You might say that this isn’t very good. We lost plenty of pings! But if we had lost DC01Switch01 and DC01Server01 failed over like this then a brief interruption is to be expected. At the end of the day the network reconfigured itself automatically to restore connectivity.

I suspect this kind of switch-over can be made to happen faster by configuring things differently but I’ll leave it here for now.

Caveats and things I can’t get to work

I tried using active-backup bonding on servers with this setup and it was a disaster with bridges on switches sending packets on the wrong port.

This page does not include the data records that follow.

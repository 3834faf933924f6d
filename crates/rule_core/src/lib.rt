//! What every class of constraints shares: the counts of a schedule's games, and the rules that are evaluated on them.
//!
//! `Cells` keeps the counts while games come and go, and `Meetings` are counted on them. A contract sees `Cells` as a
//! `Table`, the number of teams with the list of all counts. What it says of the games, it says of the counts as a
//! function of home team, away team and slot, which `table_counts` makes of the table.
//!
//! A rule has entries by their keys, and says which keys a game touches, and whose games touch any; `IsRuleOf` says
//! what each class promises of the rule that it makes of a constraint. `Steps` counts how many entries are evaluated.
//!
//! A key is a place in a list, here in a constraint's deviation vector. `Keys` is a list of keys with a fixed room.
//! `Listed` and `Pairs` hold some teams or slots, and the pairs of some teams, and find the keys of a number or of a
//! pair by look-ups.
#![tactic(auto)]

mod bounds;
mod cells;
mod counters;
mod keep;
mod key_places;
mod keys;
mod listed;
mod meetings;
mod pairs;
mod place;
mod rule;
mod spare;
mod steps;
mod taken;

pub use bounds::outside;
pub use cells::Cells;
pub use keys::Keys;
pub use listed::Listed;
pub use meetings::Meetings;
pub use pairs::Pairs;
pub use place::Place;
pub use rule::{Entries, Rule};
pub use steps::{Plain, Steps};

Can’t figure out why but I’ll try it again at some point.

It seems like you have to have VTEPs and Route Reflectors on the same AS. I couldn’t get it to work any other way.

FRR says you can have multiple AS:s in a single bgpd process by using Virtual Routing and Forwarding(VRF) but I couldn’t get that to click. Ideally switches would be part of the routers’ AS to get routes easily but whenever I try to run L2VPN in a non-default VRF nothing happens. Maybe the VXLAN interface must be assigned the same VRF?

FRR:s VRRP implementation is awkward so I’d use Keepalived for that purpose to be honest.